(Data extracted from a collection)
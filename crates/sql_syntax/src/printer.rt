//! The canonical text of a tree, written token by token with no blank that isn't needed.
ghost use Rattle.std.specs.Prelude.{◌≡◌, ◌++◌, ◌∷◌, [], true, false, Some, IfOk, OnOk, map, flat_map, option_map};
ghost use Rattle.sql_syntax.specs.Canonical.{canonical};
ghost use Rattle.sql_syntax.specs.CanonicalTokens.{doubled, at_level, printed, printed_arm, integer_tokens, column_tokens, list_tokens, arms_tokens, else_tokens};
ghost use Rattle.sql_syntax.specs.Phrases.{aggregate_word, is_distinct, bracketed, mark, not_if, distinct_if};
ghost use Rattle.sql_syntax.specs.Printing.{written, with_token, with_tokens, aggregate_tokens, behind_commas, more_items, more_keys, joined_tokens, end_tokens, condition_tokens, source_tokens};
ghost use Rattle.sql_syntax.specs.Queries.{query_tokens, with_commas, item_tokens, alias_tokens, table_tokens, on_tokens, others_tokens_of, clause_tokens, groups_tokens_of, key_tokens, target_token, direction_tokens, order_tokens_of, limit_tokens_of};
ghost use Rattle.sql_syntax.specs.Strength.{next, level_of, token_of, compares};
ghost use Rattle.sql_syntax.specs.Tokens.{terminal_of, keyword, text, sign_is, integer};
ghost use Rattle.sql_syntax.specs.declared.keyword.Keyword.TheVariants.{Case, Count, End, Is, Null, Like};
ghost use Rattle.sql_syntax.specs.declared.strength.Operator.TheVariants.{Reckon};
ghost use Rattle.sql_syntax.specs.declared.token.Sign.TheVariants.{Minus, Star};
ghost use Rattle.sql_syntax.specs.declared.tree.Expr.TheVariants as node;

use crate::keyword::Keyword;
use crate::strength::{Level, level_of_arithmetic, sign_of_arithmetic, sign_of_comparison};
use crate::token::{Sign, Token};
use crate::token_text::{ends_operand, hugs_left, hugs_right, put_blank, put_quoted, put_token};
use crate::tree::{
    Aggregate, Arm, Direction, Expr, Item, JoinKind, Joined, OrderKey, OrderTarget, Query, Table,
};
use meaning::{ArithmeticOperator, Boxed, ComparisonOperator, Text};
use std::alloc::{AllocError, Global};

/// The text so far, whether its last token may end an operand, and whether no blank may stand
/// behind it.
#[derive(Drop)]
pub struct Printer {
    pub out: String,
    pub operand: bool,
    pub hugs: bool,
}

/// The canonical text of a query: keywords in capitals, names in lower case, brackets only where
/// the grammar needs them, and no blank that isn't needed.
#[tactic(auto, using(crate::proofs::Writing::writes), unfolding(crate::specs::Canonical::canonical))]
pub fn print(alloc: Global, query: &Query) -> Result<Text, AllocError>
    ensures { IfOk result (λ printed. printed ≡ canonical query.now) }
{
    let mut printer = Printer::new(alloc);
    printer.put_query(query)?;
    let Printer { out, .. } = printer;
    Ok(Text::from_string(out))
}

/// The strongest rule that gives an expression without brackets.
pub fn strength(expr: &Expr) -> Level
    ensures { result ≡ (printed expr.now).level }
{
    match expr {
        Expr::Or { .. } => Level::Disjunction,
        Expr::And { .. } => Level::Conjunction,
        Expr::Not(_) => Level::Negation,
        Expr::Compare { .. }
        | Expr::IsNull { .. }
        | Expr::Between { .. }
        | Expr::In { .. }
        | Expr::Like { .. } => Level::Predicate,
        Expr::Arithmetic { operator, .. } => level_of_arithmetic(*operator),
        Expr::Minus(_) | Expr::Integer(_) => Level::Factor,
        _ => Level::Primary,
    }
}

#### [Requirement]
Please reproduce every line shown above, exactly as written.

#### [Written response]
filename crates/sql_syntax/src/printer.rt
//! The canonical text of a tree, written token by token with no blank that isn't needed.
ghost use Rattle.std.specs.Prelude.{◌≡◌, ◌++◌, ◌∷◌, [], true, false, Some, IfOk, OnOk, map, flat_map, option_map};
ghost use Rattle.sql_syntax.specs.Canonical.{canonical};
ghost use Rattle.sql_syntax.specs.CanonicalTokens.{doubled, at_level, printed, printed_arm, integer_tokens, column_tokens, list_tokens, arms_tokens, else_tokens};
ghost use Rattle.sql_syntax.specs.Phrases.{aggregate_word, is_distinct, bracketed, mark, not_if, distinct_if};
ghost use Rattle.sql_syntax.specs.Printing.{written, with_token, with_tokens, aggregate_tokens, behind_commas, more_items, more_keys, joined_tokens, end_tokens, condition_tokens, source_tokens};
ghost use Rattle.sql_syntax.specs.Queries.{query_tokens, with_commas, item_tokens, alias_tokens, table_tokens, on_tokens, others_tokens_of, clause_tokens, groups_tokens_of, key_tokens, target_token, direction_tokens, order_tokens_of, limit_tokens_of};
ghost use Rattle.sql_syntax.specs.Strength.{next, level_of, token_of, compares};
ghost use Rattle.sql_syntax.specs.Tokens.{terminal_of, keyword, text, sign_is, integer};
ghost use Rattle.sql_syntax.specs.declared.keyword.Keyword.TheVariants.{Case, Count, End, Is, Null, Like};
ghost use Rattle.sql_syntax.specs.declared.strength.Operator.TheVariants.{Reckon};
ghost use Rattle.sql_syntax.specs.declared.token.Sign.TheVariants.{Minus, Star};
ghost use Rattle.sql_syntax.specs.declared.tree.Expr.TheVariants as node;

use crate::keyword::Keyword;
use crate::strength::{Level, level_of_arithmetic, sign_of_arithmetic, sign_of_comparison};
use crate::token::{Sign, Token};
use crate::token_text::{ends_operand, hugs_left, hugs_right, put_blank, put_quoted, put_token};
use crate::tree::{
    Aggregate, Arm, Direction, Expr, Item, JoinKind, Joined, OrderKey, OrderTarget, Query, Table,
};
use meaning::{ArithmeticOperator, Boxed, ComparisonOperator, Text};
use std::alloc::{AllocError, Global};

/// The text so far, whether its last token may end an operand, and whether no blank may stand
/// behind it.
#[derive(Drop)]
pub struct Printer {
    pub out: String,
    pub operand: bool,
    pub hugs: bool,
}

/// The canonical text of a query: keywords in capitals, names in lower case, brackets only where
/// the grammar needs them, and no blank that isn't needed.
#[tactic(auto, using(crate::proofs::Writing::writes), unfolding(crate::specs::Canonical::canonical))]
pub fn print(alloc: Global, query: &Query) -> Result<Text, AllocError>
    ensures { IfOk result (λ printed. printed ≡ canonical query.now) }
{
    let mut printer = Printer::new(alloc);
    printer.put_query(query)?;
    let Printer { out, .. } = printer;
    Ok(Text::from_string(out))
}

/// The strongest rule that gives an expression without brackets.
pub fn strength(expr: &Expr) -> Level
    ensures { result ≡ (printed expr.now).level }
{
    match expr {
        Expr::Or { .. } => Level::Disjunction,
        Expr::And { .. } => Level::Conjunction,
        Expr::Not(_) => Level::Negation,
        Expr::Compare { .. }
        | Expr::IsNull { .. }
        | Expr::Between { .. }
        | Expr::In { .. }
        | Expr::Like { .. } => Level::Predicate,
        Expr::Arithmetic { operator, .. } => level_of_arithmetic(*operator),
        Expr::Minus(_) | Expr::Integer(_) => Level::Factor,
        _ => Level::Primary,
    }
}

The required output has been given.